[Source data]
╭──
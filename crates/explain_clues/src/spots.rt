//! Where on a board a text can be played for a score.
ghost use Rattle.std.specs.Prelude.{◌≡◌, ◌++◌, ◌∷◌, [], if◌then◌else◌, IfOk, OnOk};
ghost use Rattle.explain_clues.specs.Spots.{scores_at, scoring_along, scoring_spots};

use game_turns::legal_play;
use gcg_read::Points;
use ref_board::{Board, Dir, SIDE, Square};
use ref_play::score;
use ref_tiles::{Rules, SQUARES, Symbol};
use std::alloc::{AllocError, Global};

/// Where a text begins, and in which direction it goes.
#[derive(Clone, Copy)]
pub struct Spot {
    /// The direction.
    pub dir: Dir,
    /// The first square.
    pub at: Square,
}

/// Whether a text is a legal play at a spot, with this score.
#[tactic(auto, unfolding(crate::specs::Spots::scores_at, game_turns::specs::Checks::text_score))]
fn scores_at(rules: &Rules, board: &Board, word: &[Symbol], wanted: Points, spot: &Spot) -> bool
    ensures { result ≡ scores_at rules.now board.now word.now wanted spot.now }
{
    match legal_play(board, spot.at, spot.dir, word) {
        Ok(play) => score(rules, board, &play) == wanted.value(),
        Err(_) => false,
    }
}

/// Adds a spot, if a text is a legal play there with this score.
fn push_spot(
    spots: &mut Vec<Spot>,
    rules: &Rules,
    board: &Board,
    word: &[Symbol],
    wanted: Points,
    spot: Spot,
) -> Result<(), AllocError>
    ensures { OnOk result (spots.new.items ≡ spots.old.items ++ (if scores_at rules.now board.now word.now wanted spot then spot ∷ [] else [])) }
{
    if scores_at(rules, board, word, wanted, &spot) {
        spots.push(spot)?;
    }
    Ok(())
}

/// Adds the spots of a direction at which a text is a legal play with this score.
fn push_along(
    spots: &mut Vec<Spot>,
    rules: &Rules,
    board: &Board,
    word: &[Symbol],
    wanted: Points,
    dir: Dir,
) -> Result<(), AllocError>
    ensures { OnOk result (spots.new.items ≡ spots.old.items ++ scoring_along rules.now board.now word.now wanted dir 225) }
{
    for number in 0..SQUARES {
        let at = Square::on_line(Dir::Across, number / SIDE, number % SIDE);
        push_spot(spots, rules, board, word, wanted, Spot { dir, at })?;
    }
    Ok(())
}

/// All spots of a board at which a text is a legal play with this score: across before down, and row by row.
///
/// It fails only if memory runs out.
pub fn scoring_spots(
    alloc: Global,
    rules: &Rules,
    board: &Board,
    word: &[Symbol],
    wanted: Points,
) -> Result<Vec<Spot>, AllocError>
    ensures { IfOk result (λ spots. spots.items ≡ scoring_spots rules.now board.now word.now wanted) }
{
    let mut spots = Vec::new(alloc);
    push_along(&mut spots, rules, board, word, wanted, Dir::Across)?;
    push_along(&mut spots, rules, board, word, wanted, Dir::Down)?;
    Ok(spots)
}
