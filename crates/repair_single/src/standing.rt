//! The game before a place of a record, by a walk over it.
ghost use Rattle.std.specs.Prelude.{◌≡◌, ◌↔◌, ◌<◌, ◌≤◌, ℕ, List, length, slice_get, IsSome, IfSome};
ghost use Rattle.ref_tiles.specs.declared.rulebook.Rules.{Rules};
ghost use Rattle.gcg_read.specs.declared.events.Event.{Event};
ghost use Rattle.game_turns.specs.Tallies.{withdraws};
ghost use Rattle.game_walk.specs.Walks.{IsWalkOf};
ghost use Rattle.repair_single.specs.Trying.{IsStart, StandsBefore};

use game_turns::{Machine, withdraws};
use game_walk::Walk;
use gcg_read::Event;

/// The game before the event at a place of a record that was walked over, counted from 0, and after the last row; none beyond that.
#[tactic(auto, using(crate::proofs::Walked::first_game, crate::proofs::Walked::next_game))]
pub fn game_before(walk: &Walk, place: usize) -> Option<&Machine>
    ensures there { IsSome result ↔ (place ≤ length walk.now.rows.items) }
    ensures game { (rules : Rules) (list : List (List ℕ)) (events : List Event) → IsWalkOf rules list events walk.now
        → IfSome result (λ machine. StandsBefore rules list events place machine.now) }
{
    if place == 0 {
        return Some(&walk.start);
    }
    match walk.rows.as_slice().get(place - 1) {
        Some(row) => Some(&row.following),
        None => None,
    }
}

/// Whether the event at a place is a withdrawal.
#[tactic(auto, using(game_turns::proofs::PlaceLaws::copied_get))]
pub(crate) fn withdraws_at(events: &[Event], place: usize) -> bool
    ensures { result ≡ withdraws (slice_get events.now place) }
{
    withdraws(events.get(place))
}

/// The place from which on a change at a place has to be tried: that place, or the one before it, if with the change the event before it
/// is taken back and otherwise is not, or the other way round.
#[tactic(auto, using(crate::proofs::Starts::starts_first, crate::proofs::Starts::starts_there, crate::proofs::Starts::starts_before))]
pub(crate) fn start_of(events: &[Event], changed: &[Event], place: usize) -> usize
    requires { (k : ℕ) → k < place → slice_get changed.now k ≡ slice_get events.now k }
    ensures { IsStart events.now changed.now place result }
{
    if place == 0 {
        return 0;
    }
    if withdraws_at(changed, place) == withdraws_at(events, place) {
        return place;
    }
    place - 1
}
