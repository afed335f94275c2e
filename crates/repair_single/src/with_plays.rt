//! The list of changes at a place, with plays that were added to it.
ghost use Rattle.std.specs.Prelude.{◌≡◌, ◌≤◌, ◌++◌, ◌∷◌, [], map, length, IfOk, OnOk};
ghost use Rattle.game_turns.specs.Machines.{state_of};
ghost use Rattle.repair_slips.specs.Changes.{slips_by, change_at};
ghost use Rattle.repair_single.specs.Listing.{those_at};

use game_turns::Machine;
use gcg_read::Event;
use ref_tiles::Rules;
use repair_changes::{Change, Slip, copy_slip};
use repair_slips::slips_at;
use std::alloc::{AllocError, Global};

/// Adds a copy of a change to those at a place, if its place is this one.
fn push_play(slips: &mut Vec<Slip>, play: &Change, place: usize) -> Result<(), AllocError>
    ensures { OnOk result (map (change_at place) slips.new.items ≡ map (change_at place) slips.old.items ++ those_at (play.now ∷ []) place) }
{
    if play.place != place {
        return Ok(());
    }
    slips.push(copy_slip(&play.slip))?;
    Ok(())
}

/// Adds copies of the changes at a place.
fn push_plays(slips: &mut Vec<Slip>, plays: &[Change], place: usize) -> Result<(), AllocError>
    ensures { OnOk result (map (change_at place) slips.new.items ≡ map (change_at place) slips.old.items ++ those_at plays.now place) }
{
    for play in plays {
        push_play(slips, play, place)?;
    }
    Ok(())
}

/// All that may be wrong at a place of a record, by the game before it, and then the plays that were added there.
///
/// It fails only if memory runs out.
pub(crate) fn slips_with(
    alloc: Global,
    rules: &Rules,
    game: &Machine,
    events: &[Event],
    plays: &[Change],
    place: usize,
) -> Result<Vec<Slip>, AllocError>
    requires { place ≤ length events.now }
    ensures { IfOk result (λ slips. map (change_at place) slips.items
        ≡ map (change_at place) (slips_by rules.now (state_of game.now) events.now place) ++ those_at plays.now place) }
{
    let mut slips = slips_at(alloc, rules, game, events, place)?;
    push_plays(&mut slips, plays, place)?;
    Ok(slips)
}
╰──
What you should do :: In full and without error, retype the entries above.

Response area ::
filename crates/explain_clues/src/spots.rt
//! Where on a board a text can be played for a score.
ghost use Rattle.std.specs.Prelude.{◌≡◌, ◌++◌, ◌∷◌, [], if◌then◌else◌, IfOk, OnOk};
ghost use Rattle.explain_clues.specs.Spots.{scores_at, scoring_along, scoring_spots};

use game_turns::legal_play;
use gcg_read::Points;
use ref_board::{Board, Dir, SIDE, Square};
use ref_play::score;
use ref_tiles::{Rules, SQUARES, Symbol};
use std::alloc::{AllocError, Global};

/// Where a text begins, and in which direction it goes.
#[derive(Clone, Copy)]
pub struct Spot {
    /// The direction.
    pub dir: Dir,
    /// The first square.
    pub at: Square,
}

/// Whether a text is a legal play at a spot, with this score.
#[tactic(auto, unfolding(crate::specs::Spots::scores_at, game_turns::specs::Checks::text_score))]
fn scores_at(rules: &Rules, board: &Board, word: &[Symbol], wanted: Points, spot: &Spot) -> bool
    ensures { result ≡ scores_at rules.now board.now word.now wanted spot.now }
{
    match legal_play(board, spot.at, spot.dir, word) {
        Ok(play) => score(rules, board, &play) == wanted.value(),
        Err(_) => false,
    }
}

/// Adds a spot, if a text is a legal play there with this score.
fn push_spot(
    spots: &mut Vec<Spot>,
    rules: &Rules,
    board: &Board,
    word: &[Symbol],
    wanted: Points,
    spot: Spot,
) -> Result<(), AllocError>
    ensures { OnOk result (spots.new.items ≡ spots.old.items ++ (if scores_at rules.now board.now word.now wanted spot then spot ∷ [] else [])) }
{
    if scores_at(rules, board, word, wanted, &spot) {
        spots.push(spot)?;
    }
    Ok(())
}

/// Adds the spots of a direction at which a text is a legal play with this score.
fn push_along(
    spots: &mut Vec<Spot>,
    rules: &Rules,
    board: &Board,
    word: &[Symbol],
    wanted: Points,
    dir: Dir,
) -> Result<(), AllocError>
    ensures { OnOk result (spots.new.items ≡ spots.old.items ++ scoring_along rules.now board.now word.now wanted dir 225) }
{
    for number in 0..SQUARES {
        let at = Square::on_line(Dir::Across, number / SIDE, number % SIDE);
        push_spot(spots, rules, board, word, wanted, Spot { dir, at })?;
    }
    Ok(())
}

/// All spots of a board at which a text is a legal play with this score: across before down, and row by row.
///
/// It fails only if memory runs out.
pub fn scoring_spots(
    alloc: Global,
    rules: &Rules,
    board: &Board,
    word: &[Symbol],
    wanted: Points,
) -> Result<Vec<Spot>, AllocError>
    ensures { IfOk result (λ spots. spots.items ≡ scoring_spots rules.now board.now word.now wanted) }
{
    let mut spots = Vec::new(alloc);
    push_along(&mut spots, rules, board, word, wanted, Dir::Across)?;
    push_along(&mut spots, rules, board, word, wanted, Dir::Down)?;
    Ok(spots)
}
filename crates/repair_single/src/standing.rt
//! The game before a place of a record, by a walk over it.
ghost use Rattle.std.specs.Prelude.{◌≡◌, ◌↔◌, ◌<◌, ◌≤◌, ℕ, List, length, slice_get, IsSome, IfSome};
ghost use Rattle.ref_tiles.specs.declared.rulebook.Rules.{Rules};
ghost use Rattle.gcg_read.specs.declared.events.Event.{Event};
ghost use Rattle.game_turns.specs.Tallies.{withdraws};
ghost use Rattle.game_walk.specs.Walks.{IsWalkOf};
ghost use Rattle.repair_single.specs.Trying.{IsStart, StandsBefore};

use game_turns::{Machine, withdraws};
use game_walk::Walk;
use gcg_read::Event;

/// The game before the event at a place of a record that was walked over, counted from 0, and after the last row; none beyond that.
#[tactic(auto, using(crate::proofs::Walked::first_game, crate::proofs::Walked::next_game))]
pub fn game_before(walk: &Walk, place: usize) -> Option<&Machine>
    ensures there { IsSome result ↔ (place ≤ length walk.now.rows.items) }
    ensures game { (rules : Rules) (list : List (List ℕ)) (events : List Event) → IsWalkOf rules list events walk.now
        → IfSome result (λ machine. StandsBefore rules list events place machine.now) }
{
    if place == 0 {
        return Some(&walk.start);
    }
    match walk.rows.as_slice().get(place - 1) {
        Some(row) => Some(&row.following),
        None => None,
    }
}

/// Whether the event at a place is a withdrawal.
#[tactic(auto, using(game_turns::proofs::PlaceLaws::copied_get))]
pub(crate) fn withdraws_at(events: &[Event], place: usize) -> bool
    ensures { result ≡ withdraws (slice_get events.now place) }
{
    withdraws(events.get(place))
}

/// The place from which on a change at a place has to be tried: that place, or the one before it, if with the change the event before it
/// is taken back and otherwise is not, or the other way round.
#[tactic(auto, using(crate::proofs::Starts::starts_first, crate::proofs::Starts::starts_there, crate::proofs::Starts::starts_before))]
pub(crate) fn start_of(events: &[Event], changed: &[Event], place: usize) -> usize
    requires { (k : ℕ) → k < place → slice_get changed.now k ≡ slice_get events.now k }
    ensures { IsStart events.now changed.now place result }
{
    if place == 0 {
        return 0;
    }
    if withdraws_at(changed, place) == withdraws_at(events, place) {
        return place;
    }
    place - 1
}
repository afed335f94275c2e
filename crates/repair_single/src/with_plays.rt
//! The list of changes at a place, with plays that were added to it.
ghost use Rattle.std.specs.Prelude.{◌≡◌, ◌≤◌, ◌++◌, ◌∷◌, [], map, length, IfOk, OnOk};
ghost use Rattle.game_turns.specs.Machines.{state_of};
ghost use Rattle.repair_slips.specs.Changes.{slips_by, change_at};
ghost use Rattle.repair_single.specs.Listing.{those_at};

use game_turns::Machine;
use gcg_read::Event;
use ref_tiles::Rules;
use repair_changes::{Change, Slip, copy_slip};
use repair_slips::slips_at;
use std::alloc::{AllocError, Global};

/// Adds a copy of a change to those at a place, if its place is this one.
fn push_play(slips: &mut Vec<Slip>, play: &Change, place: usize) -> Result<(), AllocError>
    ensures { OnOk result (map (change_at place) slips.new.items ≡ map (change_at place) slips.old.items ++ those_at (play.now ∷ []) place) }
{
    if play.place != place {
        return Ok(());
    }
    slips.push(copy_slip(&play.slip))?;
    Ok(())
}

/// Adds copies of the changes at a place.
fn push_plays(slips: &mut Vec<Slip>, plays: &[Change], place: usize) -> Result<(), AllocError>
    ensures { OnOk result (map (change_at place) slips.new.items ≡ map (change_at place) slips.old.items ++ those_at plays.now place) }
{
    for play in plays {
        push_play(slips, play, place)?;
    }
    Ok(())
}

/// All that may be wrong at a place of a record, by the game before it, and then the plays that were added there.
///
/// It fails only if memory runs out.
pub(crate) fn slips_with(
    alloc: Global,
    rules: &Rules,
    game: &Machine,
    events: &[Event],
    plays: &[Change],
    place: usize,
) -> Result<Vec<Slip>, AllocError>
    requires { place ≤ length events.now }
    ensures { IfOk result (λ slips. map (change_at place) slips.items
        ≡ map (change_at place) (slips_by rules.now (state_of game.now) events.now place) ++ those_at plays.now place) }
{
    let mut slips = slips_at(alloc, rules, game, events, place)?;
    push_plays(&mut slips, plays, place)?;
    Ok(slips)
}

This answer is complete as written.